• Records for this task:
********
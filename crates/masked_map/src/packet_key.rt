ghost use Rattle.std.specs.Prelude.{◌≡◌};
ghost use Rattle.spec_keys.specs.Keys.{masked, same};
ghost use Rattle.ovs_fields.specs.Packed.{numbers};
ghost use Rattle.masked_map.specs.Compact.{compacted, list_of};
ghost use Rattle.masked_map.specs.Marks.{AreWordsOf, mark_of};

use crate::fields::{CompactFields, taken_of_key};
use crate::key_words::KeyWords;
use crate::map_mask::MapMask;
use ovs_fields::Key;

/// The key of a packet with its compact fields, which are taken once for look-ups under many masks.
#[derive(Clone, Copy)]
pub struct PacketKey<'a> {
    pub key: &'a Key,
    pub(crate) fields: CompactFields,
    /// These in words.
    pub(crate) words: KeyWords,
    pub(crate) ghost taken: { list_of fields ≡ compacted (numbers key.now) },
    pub(crate) ghost worded: { AreWordsOf words (numbers key.now) },
}

impl<'a> PacketKey<'a> {
    /// Takes the compact fields of a key.
    pub fn new(key: &'a Key) -> PacketKey<'a>
        ensures { result.key.now ≡ key.now }
    {
        let fields = taken_of_key(key);
        let words = KeyWords::of(&fields);
        PacketKey { key, fields, words }
    }

    /// The bits of the key that are in these of a mask.
    #[inline]
    pub(crate) fn masked(&self, mask: &CompactFields) -> CompactFields
        ensures { list_of result ≡ masked (numbers self.now.key.now) (list_of mask.now) }
    {
        self.fields.and(mask)
    }

    /// Whether the key under a mask is one with these compact fields.
    #[inline(always)]
    pub(crate) fn is(&self, own: &CompactFields, mask: &MapMask) -> bool
        ensures { result
            ≡ same (masked (numbers self.now.key.now) (list_of mask.now.bits.fields)) (list_of own.now) }
    {
        self.words.and(&mask.words).are_same(&KeyWords::of(own))
    }

    /// The mark of the key under a mask.
    #[inline(always)]
    pub(crate) fn mark(&self, mask: &MapMask) -> u64
        ensures { result
            ≡ mark_of (masked (numbers self.now.key.now) (list_of mask.now.bits.fields)) }
    {
        self.words.and(&mask.words).mark()
    }
}
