//! The handling of upcalls.
ghost use Rattle.std.specs.Prelude.{◌≡◌, ◌+◌, ◌≤◌, ◌<◌, All, IfOk, IfSome, IfNone, length, vec_len};
ghost use Rattle.ovs_fields.specs.Packed.{numbers};
ghost use Rattle.run_case.specs.Places.{HasPort, HasPlace};
ghost use Rattle.table_publish.specs.Versions.{EndsBlock};
ghost use Rattle.upcall_handler.specs.Upshots.{HasCause, HasCauses, count_of};

use crate::settling::settle_lent;
use crate::translated::Translated;
use crate::upshot::{Handled, Settling, Upshot};
use edge_io::{Gate, Point};
use pmd_board::{Board, Xlated};
use run_case::{Case, Keyed, RunData};
use std::alloc::{AllocError, Global};
use std::sync::{Mutex, Wait};
use table_publish::{Seer, SpareLists, translate_newest};
use table_versions::RunTables;
use upcall_queue::upcalls::Upcall;

/// How often a frame is translated, where each time a newer sweep had begun.
pub const TRIES: u32 = 4;

// The frame of an upcall, if the run has it.
fn frame_of<C: Case>(run: &RunData<C>, upcall: Upcall) -> Option<Keyed<C>>
    ensures some { IfSome result (λ at. (at.port ≡ upcall.port) × (at.place ≡ upcall.place)) }
    ensures none { IfNone result
        (HasPort C.run.ports upcall.port → HasPlace C.run upcall.port upcall.place → ⊥) }
{
    run.ports().find(upcall.port)?;
    if upcall.place == 0 || upcall.place > run.frames(upcall.port) {
        return None;
    }
    Some(run.keyed(upcall.port, upcall.place))
}

// Translates the key of a frame under the newest version that is published. The gate is told after that.
fn translate_frame<C: Case, T: RunTables<C>, G: Gate, R: Wait>(
    rt: &R,
    alloc: Global,
    seer: Seer<C, T>,
    run: &RunData<C>,
    at: &Keyed<C>,
    gate: &G,
) -> (Seer<C, T>, Result<Xlated<C>, AllocError>)
    ensures publication { result.0.publication ≡ seer.publication }
    ensures newer { seer.version ≤ result.0.version }
    ensures key { IfOk result.1 (λ made. made.key ≡ numbers at.now.key) }
    ensures version { IfOk result.1 (λ made. made.version ≡ result.0.version) }
{
    let (seer, made) = translate_newest(rt, seer, run, &at.key, SpareLists::new(alloc));
    if made.is_ok() {
        gate.pass(Point::Upcall {
            port: at.port,
            place: at.place,
        });
    }
    (seer, made)
}

// Translates a frame and settles it, in its tries from this one on, counted from 0.
fn handle_frame<C: Case, T: RunTables<C>, G: Gate, R: Wait>(
    rt: &R,
    alloc: Global,
    seer: Seer<C, T>,
    run: &RunData<C>,
    board: &Mutex<Board<C>>,
    at: &Keyed<C>,
    from: u32,
    gate: &G,
) -> (Seer<C, T>, Result<Upshot, AllocError>)
    requires { from < TRIES }
    ensures publication { result.0.publication ≡ seer.publication }
    ensures newer { seer.version ≤ result.0.version }
    ensures cause { IfOk result.1 (λ r. HasCause C.run result.0.version r) }
{
    let mut seer = seer;
    let mut floor = 0;
    'tries: for _ in from..TRIES {
        let (back, made) = translate_frame(rt, alloc, seer, run, at, gate);
        seer = back;
        let Ok(made) = made else {
            return (seer, Err(AllocError));
        };
        let answer = settle_lent(&mut *board.lock(rt), at, made);
        match answer {
            Ok(Settling::Done) => return (seer, Ok(Upshot::Done)),
            Ok(Settling::Gone) => return (seer, Ok(Upshot::Gone)),
            Ok(Settling::Stale { floor: newest }) => floor = newest,
            Ok(Settling::Ahead { hi }) => return (seer, Ok(Upshot::Beyond { hi })),
            Err(e) => return (seer, Err(e)),
        }
    }
    (seer, Ok(Upshot::Left { floor }))
}

// Translates the frames of upcalls in order, each under the newest version that is published then, and passes those
// over that the run doesn't have. The gate is told of each one that is translated.
fn translate_each<C: Case, T: RunTables<C>, G: Gate, R: Wait>(
    rt: &R,
    alloc: Global,
    seer: Seer<C, T>,
    run: &RunData<C>,
    upcalls: &[Upcall],
    gate: &G,
) -> (Seer<C, T>, Result<Vec<Translated<C>>, AllocError>)
    ensures publication { result.0.publication ≡ seer.publication }
    ensures newer { seer.version ≤ result.0.version }
    ensures count { IfOk result.1 (λ batch. vec_len batch ≤ length upcalls.now) }
    ensures seen { IfOk result.1 (λ batch. All (λ t. t.made.version ≤ result.0.version) batch.items) }
{
    let mut seer = seer;
    let mut batch = Vec::new(alloc);
    if batch.reserve(upcalls.len()).is_err() {
        return (seer, Err(AllocError));
    }
    'upcalls: for upcall in upcalls {
        let Some(at) = frame_of(run, *upcall) else {
            continue;
        };
        let (back, made) = translate_frame(rt, alloc, seer, run, &at, gate);
        seer = back;
        let Ok(made) = made else {
            return (seer, Err(AllocError));
        };
        if batch.push(Translated { at, made }).is_err() {
            return (seer, Err(AllocError));
        }
    }
    (seer, Ok(batch))
}

// Settles frames on a board under one lock, in order, each by its translation, and counts what became of them. Those
// whose translations are older than a sweep that began are answered, and aren't counted. The seer has seen the version
// of each translation, of which the contract speaks.
fn settle_each<C: Case, T: RunTables<C>, R: Wait>(
    rt: &R,
    alloc: Global,
    seer: &Seer<C, T>,
    board: &Mutex<Board<C>>,
    batch: Vec<Translated<C>>,
    handled: &mut Handled,
) -> Result<Vec<Keyed<C>>, AllocError>
    requires seen { All (λ t. t.made.version ≤ seer.now.version) batch.items }
    requires room { count_of handled.old + vec_len batch ≤ usize.MAX }
    requires left { handled.old.left ≡ 0 }
    requires beyond { handled.old.beyond ≡ 0 }
    ensures count { IfOk result (λ stale.
        count_of handled.new + vec_len stale ≡ count_of handled.old + vec_len batch) }
    ensures left { handled.new.left ≡ 0 }
    ensures beyond { 0 < handled.new.beyond → (handled.new.hi < seer.now.version) × EndsBlock C.run handled.new.hi }
{
    let mut stale = Vec::new(alloc);
    let mut lent = board.lock(rt);
    'frames: for Translated { at, made } in batch {
        match settle_lent(&mut *lent, &at, made)? {
            Settling::Done => handled.count(Upshot::Done),
            Settling::Gone => handled.count(Upshot::Gone),
            Settling::Ahead { hi } => handled.count(Upshot::Beyond { hi }),
            Settling::Stale { .. } => stale.push(at)?,
        }
    }
    Ok(stale)
}

// Handles the upcalls of frames whose first translations were stale, and counts what became of them too.
#[tactic(auto, using(crate::proofs::Counts::causes_counted))]
fn handle_stale<C: Case, T: RunTables<C>, G: Gate, R: Wait>(
    rt: &R,
    alloc: Global,
    seer: Seer<C, T>,
    run: &RunData<C>,
    board: &Mutex<Board<C>>,
    stale: &[Keyed<C>],
    handled: Handled,
    gate: &G,
) -> (Seer<C, T>, Result<Handled, AllocError>)
    requires room { count_of handled + length stale.now ≤ usize.MAX }
    requires left { handled.left ≡ 0 }
    requires beyond { 0 < handled.beyond → (handled.hi < seer.version) × EndsBlock C.run handled.hi }
    ensures publication { result.0.publication ≡ seer.publication }
    ensures newer { seer.version ≤ result.0.version }
    ensures count { IfOk result.1 (λ all. count_of all ≡ count_of handled + length stale.now) }
    ensures causes { IfOk result.1 (HasCauses C.run seer.version result.0.version) }
{
    let mut seer = seer;
    let mut handled = handled;
    'stale: for at in stale {
        let (back, upshot) = handle_frame(rt, alloc, seer, run, board, at, 1, gate);
        seer = back;
        let Ok(upshot) = upshot else {
            return (seer, Err(AllocError));
        };
        handled.count(upshot);
    }
    (seer, Ok(handled))
}

/// Handles upcalls of frames of one port, and tells what became of each of them: it translates each frame's key under
/// the newest version that is published then, and settles all of them on their board under one lock. Where a newer
/// sweep has begun there, a frame is translated again, `TRIES` times at most in all, and then settled under a lock of
/// its own.
///
/// The gate is told of each translation, before the frame is settled by it. The seer is handed back. The only error
/// is out of memory, and then frames may be left.
pub fn handle_all<C: Case, T: RunTables<C>, G: Gate, R: Wait>(
    rt: &R,
    alloc: Global,
    seer: Seer<C, T>,
    run: &RunData<C>,
    board: &Mutex<Board<C>>,
    upcalls: &[Upcall],
    gate: &G,
) -> (Seer<C, T>, Result<Handled, AllocError>)
    ensures publication { result.0.publication ≡ seer.publication }
    ensures newer { seer.version ≤ result.0.version }
    ensures all { IfOk result.1 (λ handled. count_of handled ≡ length upcalls.now) }
    ensures causes { IfOk result.1 (HasCauses C.run seer.version result.0.version) }
{
    let (seer, batch) = translate_each(rt, alloc, seer, run, upcalls, gate);
    let Ok(batch) = batch else {
        return (seer, Err(AllocError));
    };
    let mut handled = Handled::none();
    handled.gone = upcalls.len() - batch.len();
    let Ok(stale) = settle_each(rt, alloc, &seer, board, batch, &mut handled) else {
        return (seer, Err(AllocError));
    };
    handle_stale(rt, alloc, seer, run, board, stale.as_slice(), handled, gate)
}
********
• Your objective: Which lines of the material contain the string "Point"? List each of them.

• Answer to this task:
use edge_io::{Gate, Point};
        gate.pass(Point::Upcall {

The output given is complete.